→ INSTRUCTIONS TO FOLLOW
Determine the number of lines below that contain the string "LinkKey", and state only that number.

[[ DATA FOR ANALYSIS, beginning ]]

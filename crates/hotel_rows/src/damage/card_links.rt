//! The rules on links of cards: whose they are, and which are the newest of rooms.
ghost use Rattle.std.specs.Prelude.{◌≡◌, ℕ, true, IfOk, OnOk, map, ◌==◌, Some, None, is_some, if◌then◌else◌};
ghost use Rattle.std.specs.List.{list_all, list_any};
ghost use Rattle.hotel_model.specs.Rows.{at_number};
ghost use Rattle.hotel_model.specs.SoundCards.{has_newest, is_newest};
ghost use Rattle.hotel_rows.specs.Stored.{number_of, plain_fits, rows_of};
ghost use Rattle.hotel_rows.specs.LastCards.{link_of_pair, link_pair, LastsOf};
ghost use Rattle.hotel_rows.specs.LinkOwners.{OwnersOf, owner_in};
ghost use Rattle.hotel_model.specs.Words.{said_of};
ghost use Rattle.hotel_rows.specs.Keys.{IndexesFirst, new_code_of};
ghost use Rattle.hotel_rows.specs.FitRuns.{BeginsOf};
ghost use Rattle.hotel_rows.specs.Known.{IsOfRows};
ghost use Rattle.hotel_rows.specs.CodePlaces.{PlacesOf, are_due_at, placed_as_due};
ghost use Rattle.hotel_rows.specs.RowTests.{agrees, begins_one, is_brought, is_owned};
ghost use Rattle.hotel_rows.specs.RowTests.{has_owner, has_last, stay_has_home};

use crate::damage::by_key::room_at;
use crate::damage::code_places::{is_newest, newest_of};
use crate::damage::fit_runs::{RoomFits, begins_fit, ends_with_fit};
use crate::damage::known::Known;
use crate::damage::link_owners::{LinkKey, owner_of};
use crate::damage::numbers::{number, number_if};
use crate::damage::rooms::home_of;
use crate::stored::{PlainCard, PlainCode, PlainRoom, PlainStay, Stored};
use keycard_rules::Memory;
use std::alloc::Global;
use std::collections::BTreeMap;

/// The codes that the cards brought.
pub(crate) fn brought_codes(alloc: Global, cards: &[PlainCard]) -> Result<Vec<u64>, Memory>
    ensures { IfOk result (λ codes. codes.items ≡ map new_code_of cards.now) }
{
    match cards
        .iter()
        .map(|card| number(card.new_code))
        .collect(alloc)
    {
        Ok(codes) => Ok(codes),
        Err(_) => Err(Memory),
    }
}

fn is_first(code: &PlainCode) -> bool
    ensures { result ≡ (number_of code.now.place == 0) }
{
    number(code.place) == 0
}

fn has_brought(brought: &BTreeMap<u64, usize>, stored: &Stored, code: u64) -> bool
    requires { IndexesFirst brought.now.entries (map new_code_of stored.now.card.items) }
    ensures { result ≡ list_any (λ card. number_of card.new_code == code) stored.now.card.items }
{
    brought.contains_key(&code)
}

fn begins_one(fits: &RoomFits, stored: &Stored, code: &PlainCode) -> bool
    requires { BeginsOf fits.now.begins.entries (plain_fits stored.now) }
    ensures { result ≡ begins_one stored.now code.now }
{
    begins_fit(fits, number(code.room), number(code.place))
}

fn is_brought(
    brought: &BTreeMap<u64, usize>,
    fits: &RoomFits,
    stored: &Stored,
    code: &PlainCode,
) -> bool
    requires brought { IndexesFirst brought.now.entries (map new_code_of stored.now.card.items) }
    requires begins { BeginsOf fits.now.begins.entries (plain_fits stored.now) }
    ensures { result ≡ is_brought stored.now code.now }
{
    let has_card = has_brought(brought, stored, number(code.code));
    if begins_one(fits, stored, code) {
        return !has_card;
    }
    has_card || is_first(code)
}

/// Whether a card brought each code but the first of its room, and those that fits begin with, which none did.
pub(crate) fn all_brought(brought: &BTreeMap<u64, usize>, fits: &RoomFits, stored: &Stored) -> bool
    requires brought { IndexesFirst brought.now.entries (map new_code_of stored.now.card.items) }
    requires begins { BeginsOf fits.now.begins.entries (plain_fits stored.now) }
    ensures { result ≡ list_all (is_brought stored.now) stored.now.code.items }
{
    for i in 0..stored.code.len() {
        if !is_brought(brought, fits, stored, &stored.code[i]) {
            return false;
        }
    }
    true
}

/// Whether a link's cards are of a party, where it has any.
fn is_link_of(owners: &BTreeMap<LinkKey, u64>, stored: &Stored, link: LinkKey, party: u64) -> bool
    requires { OwnersOf owners.now.entries stored.now.card.items }
    ensures { result ≡ said_of (owner_in stored.now.card.items (link_of_pair link)) true (λ owner. owner == party) }
{
    let Some(owner) = owner_of(owners, link.0, link.1) else {
        return true;
    };
    owner == party
}

/// Whether the cards of the newest link of a room with so many codes are of a party.
fn all_owned(
    owners: &BTreeMap<LinkKey, u64>,
    known: &Known,
    stored: &Stored,
    room: u64,
    codes: u64,
    party: u64,
) -> bool
    requires owners { OwnersOf owners.now.entries stored.now.card.items }
    requires own { list_all (agrees stored.now) stored.now.card.items ≡ true }
    requires begins { BeginsOf known.now.fits.begins.entries (plain_fits stored.now) }
    requires placed { PlacesOf known.now.placed.entries stored.now.code.items }
    requires due { are_due_at known.now.placed.entries room codes ≡ true }
    ensures { result ≡ list_all (is_owned stored.now room party) stored.now.card.items }
{
    if ends_with_fit(&known.fits, room, codes) {
        return true;
    }
    let Some(link) = newest_of(&known.placed, room, codes) else {
        return true;
    };
    is_link_of(owners, stored, link, party)
}

fn has_owner(
    owners: &BTreeMap<LinkKey, u64>,
    known: &Known,
    stored: &Stored,
    room: &PlainRoom,
) -> bool
    requires owners { OwnersOf owners.now.entries stored.now.card.items }
    requires own { list_all (agrees stored.now) stored.now.card.items ≡ true }
    requires begins { BeginsOf known.now.fits.begins.entries (plain_fits stored.now) }
    requires placed { PlacesOf known.now.placed.entries stored.now.code.items }
    requires due { placed_as_due known.now.placed.entries room.now ≡ true }
    ensures { result ≡ has_owner stored.now room.now }
{
    let Some(party) = number_if(room.party) else {
        return true;
    };
    let named = number(room.room);
    let codes = number(room.codes);
    all_owned(owners, known, stored, named, codes, party)
}

/// Whether the cards of each room's newest link are of its party, where it has one.
pub(crate) fn all_have_owners(
    owners: &BTreeMap<LinkKey, u64>,
    known: &Known,
    stored: &Stored,
) -> bool
    requires owners { OwnersOf owners.now.entries stored.now.card.items }
    requires own { list_all (agrees stored.now) stored.now.card.items ≡ true }
    requires begins { BeginsOf known.now.fits.begins.entries (plain_fits stored.now) }
    requires placed { PlacesOf known.now.placed.entries stored.now.code.items }
    requires due { list_all (placed_as_due known.now.placed.entries) stored.now.room.items ≡ true }
    ensures { result ≡ list_all (has_owner stored.now) stored.now.room.items }
{
    for i in 0..stored.room.len() {
        if !has_owner(owners, known, stored, &stored.room[i]) {
            return false;
        }
    }
    true
}

/// The link of the party's last card, among those after a card, or else that card's.
fn add_last(lasts: &mut BTreeMap<u64, LinkKey>, card: &PlainCard) -> Result<(), Memory>
    ensures { OnOk result ((p : ℕ) → at_number lasts.new.entries p
        ≡ (if is_some (at_number lasts.old.entries p) then at_number lasts.old.entries p
        else (if p == number_of card.now.party then Some (link_pair card.now) else None))) }
{
    let party = number(card.party);
    if lasts.contains_key(&party) {
        return Ok(());
    }
    let link = (number(card.old_code), number(card.new_code));
    let Ok(_) = lasts.insert(party, link) else {
        return Err(Memory);
    };
    Ok(())
}

/// The link of each party's last card.
pub(crate) fn lasts_of(alloc: Global, cards: &[PlainCard]) -> Result<BTreeMap<u64, LinkKey>, Memory>
    ensures { IfOk result (λ lasts. LastsOf lasts.entries cards.now) }
{
    let mut lasts = BTreeMap::new(alloc);
    let len = cards.len();
    for k in 0..len {
        add_last(&mut lasts, &cards[len - 1 - k])?;
    }
    Ok(lasts)
}

fn last_of(lasts: &BTreeMap<u64, LinkKey>, party: u64) -> Option<LinkKey>
    ensures { result ≡ at_number lasts.now.entries party }
{
    lasts.get(&party).copied()
}

/// Whether a link is the newest of a room that is there.
fn is_newest_at(known: &Known, stored: &Stored, home: u64, link: LinkKey) -> bool
    requires known { IsOfRows known.now stored.now }
    requires due { list_all (placed_as_due known.now.placed.entries) stored.now.room.items ≡ true }
    requires there { is_some (at_number (rows_of stored.now).rooms home) ≡ true }
    ensures { result ≡ is_newest (rows_of stored.now) home (record { old_code = link.0; new_code = link.1 }) }
{
    let Some(room) = room_at(&known.places, stored, home) else {
        return false;
    };
    is_newest(&known.placed, &known.fits, stored, room, link.0, link.1)
}

/// Whether the last card of a party has the newest link of a room that is there.
fn has_newest(
    known: &Known,
    stored: &Stored,
    lasts: &BTreeMap<u64, LinkKey>,
    party: u64,
    home: u64,
) -> bool
    requires known { IsOfRows known.now stored.now }
    requires due { list_all (placed_as_due known.now.placed.entries) stored.now.room.items ≡ true }
    requires lasts { LastsOf lasts.now.entries stored.now.card.items }
    requires there { is_some (at_number (rows_of stored.now).rooms home) ≡ true }
    ensures { result ≡ has_newest (rows_of stored.now) party home }
{
    let Some(link) = last_of(lasts, party) else {
        return false;
    };
    is_newest_at(known, stored, home, link)
}

fn has_last(
    known: &Known,
    stored: &Stored,
    lasts: &BTreeMap<u64, LinkKey>,
    stay: &PlainStay,
) -> bool
    requires known { IsOfRows known.now stored.now }
    requires due { list_all (placed_as_due known.now.placed.entries) stored.now.room.items ≡ true }
    requires lasts { LastsOf lasts.now.entries stored.now.card.items }
    requires home { stay_has_home stored.now stay.now ≡ true }
    ensures { result ≡ has_last stored.now stay.now }
{
    let Some(home) = home_of(stay) else {
        return true;
    };
    has_newest(known, stored, lasts, number(stay.party), home)
}

/// Whether the last card of each party in house has the newest link of its room.
pub(crate) fn all_have_lasts(known: &Known, stored: &Stored, lasts: &BTreeMap<u64, LinkKey>) -> bool
    requires known { IsOfRows known.now stored.now }
    requires due { list_all (placed_as_due known.now.placed.entries) stored.now.room.items ≡ true }
    requires lasts { LastsOf lasts.now.entries stored.now.card.items }
    requires homes { list_all (stay_has_home stored.now) stored.now.stay.items ≡ true }
    ensures { result ≡ list_all (has_last stored.now) stored.now.stay.items }
{
    for i in 0..stored.stay.len() {
        if !has_last(known, stored, lasts, &stored.stay[i]) {
            return false;
        }
    }
    true
}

[[ DATA FOR ANALYSIS, end ]]

→ RESPONSE BELOW
12